# Advice for keeping an Ackie/Ridge tailed monitor.



## redtoffee (Aug 23, 2010)

Thank you to everyone who helped with my other thread. At the moment the top of my list is an ackie monitor. I know I am not experienced but I have a friend of the family who is very experienced with reptiles and has offered any help. I was wondering if you could help me begin my research. Particularly with taming them.

Any good books on monitors, particularly with good advice about Ackies?

Any good websites or other resources?

I want to get the best information as there is a lot of conflicting info around.

One main source of conflict which I would like to determine is about taming an ackie I have heard the following bits of conflicting info and am wondering what the general consensus is:

When you buy an ackie you should leave it alone and not touch it for a week when you put it in its new home.

When you buy an ackie you should hold it as soon as possible for as often as possible.

When you hold an ackie you should build up slowly, starting by stroking it, build up to holding it in its viv before holding it on your lap but never restraining it.

Hold it as soon as possible and restrain it. Don't put it back when it starts to struggle as this will reinforce negative behviour. Wait until it is happier before you return it to the viv.

Also some people think that Ackies are happy alone, others think they need to be in pairs of another the same size.



I do think we can provide an appropriate sized viv, possibly even on the larger side, appropriate diet, and attention, from what I can gather, but I do need to learn a lot and have pretty much exhausted you tube and some websites I could find.

Thanks again,

Laura
~X~


----------



## Cookaaaaay (Mar 8, 2009)

Hi Laura,

This is the caresheet I used when I was researching Ackies:
Ackie Monitors Care

You should post unanswered questions in the Monitor & Tegu thread, the members in that thread are really helpful and friendly.. and they know their stuff when it comes to Monitors! They helped me a lot.
http://www.reptileforums.co.uk/forums/lizards/207665-monitors-tegus.html

My ackie was already tame when I bought it, so I can't help you there.. sorry.

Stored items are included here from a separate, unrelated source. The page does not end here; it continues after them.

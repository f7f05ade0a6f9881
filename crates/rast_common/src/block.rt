//! Bytes that are written together.
ghost use Rattle.std.specs.Prelude.{◌≡◌, ◌+◌, ◌≤◌, [], ◌++◌, OnOk, length, slice_range, take};
ghost use Rattle.std.specs.Io.KnownBytes.{Appends, append_known};
ghost use Rattle.rast_common.specs.Indented.{indent};

use std::io;
use std::marker::Model;

/// How many bytes are written together.
const BLOCK: usize = 8192;

/// How many bytes are copied at once where so many are there, and fewer are wanted.
const SPAN: usize = 64;

/// Bytes that are not written yet. They are stored in the value itself, so that none of its calls allocates memory.
/// Contracts see their list.
#[derive(Drop)]
pub(crate) struct Block {
    bytes: [u8; BLOCK],
    count: usize,
}

impl Model for Block {
    ghost use Rattle.std.specs.Prelude.{ℕ, ◌≤◌, List, take};

    ghost Value = { List ℕ };

    ghost view = { λ b. take b.count b.bytes };

    ghost invariant = { λ b. b.count ≤ 8192 };
}

/// The spaces of [`LEVELS`] levels of indentation.
const SPACES: &str = "                                                                ";

/// How many levels of indentation are added at a time.
const LEVELS: usize = 32;

impl Block {
    /// No bytes.
    pub(crate) fn new() -> Block
        ensures { result ≡ [] }
    {
        Block {
            bytes: [0; BLOCK],
            count: 0,
        }
    }

    /// How many bytes there are.
    fn len(&self) -> usize
        ensures value { result ≡ length self.now }
        ensures fits { result ≤ 8192 }
    {
        self.count
    }

    /// The bytes.
    pub(crate) fn as_slice(&self) -> &[u8]
        ensures { result.now ≡ self.now }
    {
        &self.bytes[..self.count]
    }

    /// There are no bytes any more.
    fn clear(&mut self)
        ensures { self.new ≡ [] }
    {
        self.count = 0;
    }

    /// Adds bytes for which there is room.
    #[inline(always)]
    pub(crate) fn add(&mut self, bytes: &[u8])
        requires { length self.old + length bytes.now ≤ 8192 }
        ensures { self.new ≡ self.old ++ bytes.now }
    {
        let end = self.count + bytes.len();
        self.bytes[self.count..end].copy_from_slice(bytes);
        self.count = end;
    }

    /// Adds the first of these bytes, where there is room for all: a copy of so many as there always are takes no call.
    #[inline(always)]
    fn add_front(&mut self, bytes: &[u8], count: usize)
        requires all { length bytes.now ≡ 64 }
        requires room { length self.old + 64 ≤ 8192 }
        requires few { count ≤ 64 }
        ensures { self.new ≡ self.old ++ take count bytes.now }
    {
        let from = self.count;
        self.bytes[from..from + SPAN].copy_from_slice(bytes);
        self.count = from + count;
    }
}

/// Adds the bytes after those of the block. If they do not fit, the block is written first.
pub(crate) fn put<W: io::Write>(block: &mut Block, bytes: &[u8], out: &mut W) -> io::Result<()>
    ensures { OnOk result (Appends (append_known (W.contents out.old) block.old)
        (append_known (W.contents out.new) block.new) bytes.now) }
{
    if bytes.len() > BLOCK - block.len() {
        out.write_all(block.as_slice())?;
        block.clear();
    }
    if bytes.len() > BLOCK {
        out.write_all(bytes)?;
    } else {
        block.add(bytes);
    }
    Ok(())
}

/// Adds the spaces of an indentation.
pub(crate) fn put_indent<W: io::Write>(
    block: &mut Block,
    levels: usize,
    out: &mut W,
) -> io::Result<()>
    ensures { OnOk result (Appends (append_known (W.contents out.old) block.old)
        (append_known (W.contents out.new) block.new) (indent levels)) }
{
    let mut left = levels;
    'levels: while left > 0 {
        let next = left.min(LEVELS);
        put(block, &SPACES.as_bytes()[..2 * next], out)?;
        left -= next;
    }
    Ok(())
}

/// Adds a part of a text, and the spaces of an indentation.
#[inline(always)]
pub(crate) fn put_line<W: io::Write>(
    block: &mut Block,
    text: &[u8],
    from: usize,
    at: usize,
    levels: usize,
    out: &mut W,
) -> io::Result<()>
    requires start { from ≤ at }
    requires end { at ≤ length text.now }
    ensures { OnOk result (Appends (append_known (W.contents out.old) block.old)
        (append_known (W.contents out.new) block.new) (slice_range text.now from at ++ indent levels)) }
{
    if at - from <= SPAN
        && levels <= LEVELS
        && text.len() - from >= SPAN
        && block.len() <= BLOCK - 2 * SPAN
    {
        block.add_front(&text[from..from + SPAN], at - from);
        block.add_front(SPACES.as_bytes(), 2 * levels);
        return Ok(());
    }
    put(block, &text[from..at], out)?;
    put_indent(block, levels, out)
}
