//! A node in braces that is parsed again from its own text.
ghost use Rattle.std.specs.Prelude.{◌≡◌, ◌≤◌, ◌<◌, IfErr, IfOk, MatchResult, Some, None};
ghost use Rattle.rap_grammar.specs.Part.{part_kind};
ghost use Rattle.rap_c.specs.Reparse.{ComesOfNode, ComesOfReparse, IsFilledNode, IsReparsed, asked_kind};
ghost use Rattle.rap_c.specs.Given.{IsRefusal, IsUntouched};

use crate::answer::{Fault, RapAnswer, settle};
use crate::numbers::{edition_of, kind_of};
use crate::prefix::fill_output;
use crate::reading::{read, text_of};
use crate::step::RapStep;
use ra_ap_parser::{Edition, ParseFault, Reparser};
use std::alloc::Global;

/// How the node is parsed again, by its kind's number, that of its first child and that of its parent.
pub fn reparser_of(node: u32, first_child: u32, parent: u32) -> Result<Reparser, Fault>
    ensures { MatchResult result (λ part. asked_kind node first_child parent ≡ Some (part_kind part)) (λ fault. (fault ≡ Fault.NoNode) × (asked_kind node first_child parent ≡ None)) }
{
    let Some(node) = kind_of(node) else {
        return Err(Fault::NoNode);
    };
    match Reparser::for_node(node, kind_of(first_child), kind_of(parent)) {
        Some(reparser) => Ok(reparser),
        None => Err(Fault::NoNode),
    }
}

/// Parses the node again, and fills the room with it.
fn fill_node(
    alloc: Global,
    edition: Edition,
    reparser: Reparser,
    text: &str,
    steps: &mut [RapStep],
    messages: &mut [u8],
) -> Result<RapAnswer, Fault>
    ensures filled { IfOk result (IsFilledNode text.now edition reparser steps.old steps.new messages.old messages.new) }
    ensures fault { IfErr result (ComesOfNode text.now edition reparser) }
    ensures untouched { IfErr result (λ _. IsUntouched steps.old steps.new messages.old messages.new) }
{
    let reading = read(alloc, edition, text)?;
    if !reparser.can_parse(&reading.input) {
        return Err(Fault::NoBrace);
    }
    match reparser.parse(alloc, &reading.input) {
        Ok(output) => Ok(fill_output(&reading.lexed, &output, steps, messages)),
        Err(ParseFault::TooManyTokens) => Err(Fault::TooManyTokens),
        Err(ParseFault::NoMemory) => Err(Fault::NoMemory),
    }
}

/// Reads the numbers and the bytes, and fills the room.
fn reparse(
    alloc: Global,
    text: &[u8],
    edition: u32,
    node: u32,
    first_child: u32,
    parent: u32,
    steps: &mut [RapStep],
    messages: &mut [u8],
) -> Result<RapAnswer, Fault>
    ensures filled { IfOk result (IsReparsed text.now edition (asked_kind node first_child parent) steps.old steps.new messages.old messages.new) }
    ensures fault { IfErr result (ComesOfReparse text.now edition (asked_kind node first_child parent)) }
    ensures untouched { IfErr result (λ _. IsUntouched steps.old steps.new messages.old messages.new) }
{
    let edition = edition_of(edition)?;
    let reparser = reparser_of(node, first_child, parent)?;
    let text = text_of(text)?;
    fill_node(alloc, edition, reparser, text, steps, messages)
}

/// Parses a node again from its own text, by the kinds' numbers of the node, of the first thing in it and of the node
/// around it, and fills the slices with the steps of its tree, trivia put back, and with the bytes of its messages. A
/// number past the last kind's says that there is none. Where it is not one tree the status is 1, and the steps are
/// those of the output, which count tokens. Returns how many of each there are, and where the node ends.
#[unsafe(no_mangle)]
pub extern "C" fn rap_reparse(
    alloc: Global,
    text: &[u8],
    edition: u32,
    node: u32,
    first_child: u32,
    parent: u32,
    steps: &mut [RapStep],
    messages: &mut [u8],
) -> RapAnswer
    ensures reparsed { result.status ≤ 1 → IsReparsed text.now edition (asked_kind node first_child parent) steps.old steps.new messages.old messages.new result }
    ensures refused { 1 < result.status → IsRefusal (ComesOfReparse text.now edition (asked_kind node first_child parent)) result × IsUntouched steps.old steps.new messages.old messages.new }
{
    settle(reparse(
        alloc,
        text,
        edition,
        node,
        first_child,
        parent,
        steps,
        messages,
    ))
}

I keep my ackie alone and it seems to be doing great (touch wood), but they also do exceptionally well in groups.

Good luck. : victory:


----------



## redtoffee (Aug 23, 2010)

Thanks so much for your advice, that's a very good care sheet. I have also posted my post on the monitors and tegus thread, thank you.

I am glad your Ackie was tame when you got it, that gives me lots of hope!

Laura
~X~



Cookaaaaay said:


> Hi Laura,
> 
> This is the caresheet I used when I was researching Ackies:
> Ackie Monitors Care
> ...


----------



## Cookaaaaay (Mar 8, 2009)

redtoffee said:


> Thanks so much for your advice, that's a very good care sheet. I have also posted my post on the monitors and tegus thread, thank you.
> 
> I am glad your Ackie was tame when you got it, that gives me lots of hope!
> 
> ...


Your welcome 

:no1:


----------



## Ssthisto (Aug 31, 2006)

Handling-wise, for the most part we let our ackies come to us, and always have. Minimal forced handling (to check tailtips and toes when shedding). Ours will quite happily charge out of the front of the viv and leap onto our arms/shirts.


----------



## redtoffee (Aug 23, 2010)

Thanks, that's helpful.

Laura
~X~



Ssthisto said:


> Handling-wise, for the most part we let our ackies come to us, and always have. Minimal forced handling (to check tailtips and toes when shedding). Ours will quite happily charge out of the front of the viv and leap onto our arms/shirts.


----------